Em resultado dessas perplexidades e reflexões, as iniciativas legislativas relativas à revisão do Código de Processo Penal apresentadas na última legislatura - projecto de lei 424/IX, apresentado pelo Bloco de Esquerda, proposta de lei 149/IX e projecto de lei 519/IX, apresentado pelo Partido Socialista (Diário da Assembleia da República, 2.ª série-A, IX Legislatura, 2.ª sessão legislativa, n.º 50, de 3 de Abril de 2004, pp. 2214-2219, e 3.ª sessão legislativa, n.º 17, de 20 de Novembro de 2004, pp. 21-40, e n.º 20, de 3 de Dezembro de 2004, pp. 6-118, respectivamente) - propugnam, designadamente: i) a elevação de 3 para 5 anos do máximo da pena de prisão aplicável aos crimes que consentem a autorização de escutas; ii) a restrição da admissibilidade destas apenas quando não existir outro meio lícito para atingir a descoberta da verdade ou se revelar de superior interesse, face aos demais meios de prova, para esse objectivo; iii) a definição das pessoas cujas conversações podem ser interceptadas; iv) a instauração de regimes especiais atenta a qualidade dos escutados; v) a exigência de especial fundamentação do despacho autorizador das escutas; vi) o estabelecimento de limites temporais para a execução das escutas e respectivas prorrogações; vii) o alargamento dos casos de proibição de transcrições.

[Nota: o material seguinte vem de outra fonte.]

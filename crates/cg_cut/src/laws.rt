//! Laws of journals that are cut: contracts of functions that do nothing.

ghost use Rattle.cg_cut.specs.Laws.{CutRunsAreRuns, CutJournalsAreRead};

/// Lives of which each is cut behind some of its records, or gone, are one run wherever the whole lives are, if each
/// message that an item left handles was sent before by an item left. They are so by the items left of the order.
pub fn cut_runs_are_runs()
    ensures { CutRunsAreRuns }
{}

/// The whole lines of a journal that is cut anywhere are read as a history that the whole journal's history continues,
/// if there are any.
pub fn cut_journals_are_read()
    ensures { CutJournalsAreRead }
{}
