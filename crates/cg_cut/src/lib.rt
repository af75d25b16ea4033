//! Journals that are cut, as by a kill: the length of their whole lines, and laws.
//!
//! A line of a cut journal counts only with its line feed, so the journal is read as that of the life's first records.
//! The cut lives are one run wherever the whole ones are, if each message that is handled in what is left was sent in
//! what is left: as it is if each message left only behind its record's line.
#![tactic(auto)]

pub mod laws;
mod whole;

pub use whole::whole_length;
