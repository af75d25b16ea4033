//! The length of a text's whole lines.

ghost use Rattle.std.specs.Prelude.{◌≡◌, ◌+◌, ◌<◌, ◌^◌, ◌++◌, ℕ, List, length, IfOk, IfErr};
ghost use Rattle.cg_types.specs.declared.fault.Fault.TheVariants as faults;
ghost use Rattle.cg_links.specs.Counted.{link_of};
ghost use Rattle.cg_cut.specs.Whole as spec;
ghost use Rattle.cg_cut.specs.Whole.{ReadsLength};

use cg_links::{Counted, MOST_READS, PIECE_LIMIT};
use cg_types::Fault;
use std::io::Read;

// Returns the number of bytes up to the last line feed of a piece, with it.
fn length_in(piece: &[u8]) -> usize
    ensures { result ≡ spec.whole_length piece.now }
{
    let mut rest = piece;
    while let Some((last, front)) = rest.split_last() {
        if *last == b'\n' {
            return rest.len();
        }
        rest = front;
    }
    0
}

// Returns the length of the whole lines of a text of `read` bytes and a piece behind it, if those of the text alone have
// this length.
fn length_with(whole: u64, read: u64, piece: &[u8]) -> u64
    requires { read + length piece.now < 2 ^ 63 }
    ensures { (text : List ℕ) → length text ≡ read → spec.whole_length text ≡ whole
        → spec.whole_length (text ++ piece.now) ≡ result }
{
    let n = length_in(piece);
    if n == 0 {
        return whole;
    }
    read + n as u64
}

/// Reads all that the reader has left, and returns the length of its whole lines: the number of bytes up to the last
/// line feed, with it. `ReadFault` if a read fails or 4,294,967,295 reads did not meet the end. It takes no memory.
pub fn whole_length<R: Read>(reader: &mut Counted<R>) -> Result<u64, Fault>
    ensures ok { IfOk result (ReadsLength (R.remaining (link_of reader.old)) (R.remaining (link_of reader.new))) }
    ensures fault { IfErr result (λ f. f ≡ faults.ReadFault) }
{
    let mut piece = [0u8; PIECE_LIMIT];
    let mut read = 0u64;
    let mut whole = 0u64;
    for _ in 0..MOST_READS {
        match reader.read(&mut piece) {
            Ok(0) => return Ok(whole),
            Ok(n) => {
                whole = length_with(whole, read, &piece[..n]);
                read += n as u64;
            }
            Err(_) => return Err(Fault::ReadFault),
        }
    }
    Err(Fault::ReadFault)
}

Quanto aos limites temporais, o projecto de lei 519/IX (PS) propugnava que o despacho judicial que autorizasse ou ordenasse a intercepção fixasse "o prazo máximo da sua duração, que, com dilação de 5 dias após a data da prolação, não pode ultrapassar 30 dias, prorrogáveis no limite até cinco vezes, reconhecida em cada caso essa necessidade, e desde que cumpridas, em cada período autorizado, as formalidades exigíveis para a operação", não podendo o tempo da intercepção ultrapassar, "em nenhum caso, o prazo máximo em concreto admitido para a duração do inquérito ou da instrução" (artigo 187.º, n.º 3); enquanto a proposta de lei 150/IX previa que o referido despacho, além de fundamentado, fixasse "o prazo de duração máxima das operações, por um período não superior a três meses a contar da sua prolação, sendo renovável por períodos idênticos até ao encerramento do inquérito, desde que se mantenham os respectivos pressupostos de admissibilidade" (artigo 187.º, n.º 5).

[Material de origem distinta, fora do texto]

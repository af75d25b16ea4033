//! Blocks of states: a vector that rises by version, then key, and the places by key.

ghost use Rattle.std.specs.Prelude.{IsTrue, ◌≡◌, ◌<◌, ◌≤◌, ◌^◌, ◌+◌, IfOk, IfErr, IfSome, IsOk, OnOk, OnErr, length, nat_lt, option_copied, remove, true, false, slice_get, Some, Ok, ◌++◌, ◌∷◌, []};
ghost use Rattle.std.specs.FinMap as map;
ghost use Rattle.std.specs.FinMap.Entries as entries_spec;
ghost use Rattle.std.specs.Option.{option_map};
ghost use Rattle.std.specs.Arc.{arc_value};
ghost use Rattle.std.specs.Ordering.{nat_cmp};
ghost use Rattle.std.specs.List.{AllByRecursion, AllWithin, flat_map};
ghost use Rattle.std.specs.List.Sorted.{IsNonDecreasingBy};
ghost use Rattle.cg_entry.specs.Contents.{AreStates, IsState};
ghost use Rattle.cg_entry.specs.Entry as entry_spec;
ghost use Rattle.cg_entry.specs.Entry.{greatest, newer_than, overlay};
ghost use Rattle.cg_entry.specs.State.{IsStateList, KeysRise, pair, pairs, value_at_key};
ghost use Rattle.cg_entry.specs.Versioned.{States};
ghost use Rattle.cg_entry.specs.Block.{bytes_at, picked, put_all, state_at};
ghost use Rattle.cg_entry.specs.Newer.{newer_states};
ghost use Rattle.cg_entry.specs.Part.{IsPart};
ghost use Rattle.cg_entry.specs.Section.{StandsIn};
ghost use Rattle.cg_entry.specs.Section.{state as spelled_state};
ghost use Rattle.cg_entry.specs.declared.block.Newer.TheVariants.{Nothing};
ghost use Rattle.cg_types.specs.Rows.{IsGapAt, IsRowAt};

use crate::by_key::ByKey;
use crate::part::Part;
use crate::places::Places;
use crate::state::State;
use crate::states::versions_rise;
use cg_types::{STATE_LIMIT, Shows, StateKey, StateText, Version};
use std::alloc::{AllocError, Global};
use std::marker::Model;
use std::sync::Arc;

// A finite map from keys to texts with their versions.
#[derive(Debug, Drop)]
pub(crate) struct Block {
    items: Vec<State>,
    places: Places,
    text_bytes: usize,
}

// The states of a block that are newer than a version: none, each, or those in a block of their own.
#[derive(Debug, Drop)]
pub(crate) enum Newer {
    Nothing,
    Each,
    Part(Block),
}

impl Model for Block {
    ghost use Rattle.std.specs.Ordering.{nat_cmp};
    ghost use Rattle.std.specs.FinMap as map;
    ghost use Rattle.cg_entry.specs.Versioned.{Versioned, states_code};

    ghost Value = { map.FinMap nat_cmp Versioned };

    ghost coded = { states_code };

    ghost use Rattle.cg_entry.specs.State.{pairs};
    ghost use Rattle.cg_entry.specs.Block.{picked, IsBlock};

    ghost view = { λ b. map.from_sorted (pairs (picked b.items.items b.places)) };

    ghost invariant = { λ b. IsBlock b.items.items b.places b.text_bytes };
}

impl Shows for Block {
    ghost use Rattle.cg_entry.specs.Contents.{AreStates};

    ghost Shown = { AreStates };

    #[inline(always)]
    fn show(&self) {
        self.places.as_slice();
    }
}

// The first place whose state is newer than `above`. The ends are looked at before it is halved: mostly no state is
// newer, or each, or the last.
fn first_above(items: &[State], above: u32) -> usize
    requires { IsNonDecreasingBy (λ s. s.version) items.now }
    ensures within { result ≤ length items.now }
    ensures older { AllWithin (λ s. nat_lt above s.version ≡ false) items.now 0 result }
    ensures newer { AllWithin (λ s. nat_lt above s.version ≡ true) items.now result (length items.now) }
{
    let count = items.len();
    if count == 0 {
        return 0;
    }
    if items[count - 1].version.get() <= above {
        return count;
    }
    if above < items[0].version.get() {
        return 0;
    }
    if count > 1 && items[count - 2].version.get() <= above {
        return count - 1;
    }
    items.partition_point(|state| state.version.get() <= above)
}

// The key at a place; 0 at none.
fn key_at(items: &[State], place: u8) -> u8
    ensures { result ≡ (state_at items.now place).key }
{
    match items.get(place as usize) {
        Some(state) => state.key.get(),
        None => 0,
    }
}

// Tests whether a key has this number among the places.
fn has_number(items: &[State], places: &[u8], key: StateKey, number: usize) -> bool
    ensures { IsTrue result → IsRowAt (pairs (picked items.now places.now)) key number }
{
    number < places.len() && key_at(items, places[number]) == key.get()
}

// The number of a key among the places, by halving over them; else the number where its place belongs.
fn halve(items: &[State], places: &[u8], key: StateKey) -> Result<usize, usize>
    requires { KeysRise (picked items.now places.now) }
    ensures found { IfOk result (λ n. IsRowAt (pairs (picked items.now places.now)) key n) }
    ensures absent { IfErr result (λ n. IsGapAt (pairs (picked items.now places.now)) key n) }
{
    places.binary_search_by_key(&key.get(), |place| key_at(items, *place))
}

// The number of a key among the places; else the number where its place belongs. It looks at the number that the key has
// if no lesser key is missing before it halves.
fn number_of(items: &[State], places: &[u8], key: StateKey) -> Result<usize, usize>
    requires { KeysRise (picked items.now places.now) }
    ensures found { IfOk result (λ n. IsRowAt (pairs (picked items.now places.now)) key n) }
    ensures absent { IfErr result (λ n. IsGapAt (pairs (picked items.now places.now)) key n) }
{
    let number = usize::from(key.get()) - 1;
    if has_number(items, places, key, number) {
        return Ok(number);
    }
    halve(items, places, key)
}

// The state of a key.
fn find<'a>(items: &'a [State], places: &[u8], key: StateKey) -> Option<&'a State>
    requires rise { KeysRise (picked items.now places.now) }
    requires within { AllByRecursion (λ p. p < length items.now) places.now }
    ensures value { option_map value_at_key (option_copied result)
        ≡ entries_spec.find nat_cmp key (pairs (picked items.now places.now)) }
    ensures key { IfSome result (λ s. s.now.key ≡ key) }
{
    match number_of(items, places, key) {
        Ok(at) => Some(&items[places[at] as usize]),
        Err(_) => None,
    }
}

fn text_size(state: &State) -> usize
    ensures { result ≡ entry_spec.text_size state.now.text }
{
    match &state.text {
        Some(text) => text.as_str().len(),
        None => 0,
    }
}

// The number of bytes of the text at a place; 0 at none.
fn size_at(items: &[State], place: u8) -> usize
    ensures { result ≡ entry_spec.text_size (state_at items.now place).text }
{
    match items.get(place as usize) {
        Some(state) => text_size(state),
        None => 0,
    }
}

// The number of bytes of the texts at places.
fn size_of(items: &[State], places: &[u8]) -> usize
    requires { bytes_at items.now places.now < 2 ^ 32 }
    ensures { result ≡ bytes_at items.now places.now }
{
    let mut bytes = 0;
    for place in places {
        bytes += size_at(items, *place);
    }
    bytes
}

// The number of states to make room for.
fn room_for(count: usize, more: usize) -> usize {
    count.saturating_add(more).min(usize::from(STATE_LIMIT))
}

// Pushes a copy of each state.
fn push_copies(copies: &mut Vec<State>, items: &[State]) -> Result<(), AllocError>
    ensures { OnOk result (copies.new.items ≡ copies.old.items ++ items.now) }
{
    for state in items {
        copies.push(state.copy()?)?;
    }
    Ok(())
}

// Copies of states, in a vector with room for more.
fn copies(alloc: Global, items: &[State], more: usize) -> Result<Vec<State>, AllocError>
    ensures { IfOk result (λ v. v.items ≡ items.now) }
{
    let mut copies = Vec::with_capacity(alloc, room_for(items.len(), more))?;
    push_copies(&mut copies, items)?;
    Ok(copies)
}

// Copies of all states but the one at a place, in a vector with room for more.
fn other_copies(
    alloc: Global,
    items: &[State],
    at: usize,
    more: usize,
) -> Result<Vec<State>, AllocError>
    requires { at < length items.now }
    ensures { IfOk result (λ v. v.items ≡ remove items.now at) }
{
    let mut copies = Vec::with_capacity(alloc, room_for(items.len() - 1, more))?;
    push_copies(&mut copies, &items[..at])?;
    push_copies(&mut copies, &items[at + 1..])?;
    Ok(copies)
}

No que especificamente respeita ao acompanhamento judicial da operação, o projecto de lei 424/IX (BE) propõe: i) a fixação do prazo máximo de vinte e quatro horas para ser levado ao conhecimento do juiz o auto de intercepção e gravação, com as fitas gravadas e a indicação das passagens consideradas relevantes para a prova; ii) a supervisão de todo o processo, especialmente a transcrição em auto, pelo Ministério Público; iii) a conservação das gravações não transcritas até ao trânsito em julgado da decisão final, podendo o arguido requerer a sua audição em sede de julgamento ou de recurso para contextualizar as conversações transcritas. A proposta de lei 150/IX estabelece, designadamente, que: i) os autos de intercepção e gravação, com as fitas, são levados ao conhecimento do juiz, de 15 em 15 dias, com indicação por parte do Ministério Público das passagens consideradas relevantes para a prova; ii) o Ministério Público é ouvido pelo juiz antes de este seleccionar os elementos a consignar em suporte autónomo e a transcrever em auto; iii) as fitas e elementos análogos são conservados até ao trânsito em julgado da decisão final, tendo a eles acesso o arguido para efeitos de selecção de mais excertos que entenda relevantes. Por último, o projecto de lei 519/IX (PS) prevê que seja o juiz o fixar o período findo o qual o auto com as fitas é levado ao seu conhecimento, acompanhado ou da indicação das passagens e dos dados considerados relevantes para a prova ou mesmo da respectiva transcrição provisória, cabendo ao juiz determinar a transformação desta transcrição provisória em definitiva ou, se não considerar os elementos nela contidos como relevantes, determinar a sua eliminação.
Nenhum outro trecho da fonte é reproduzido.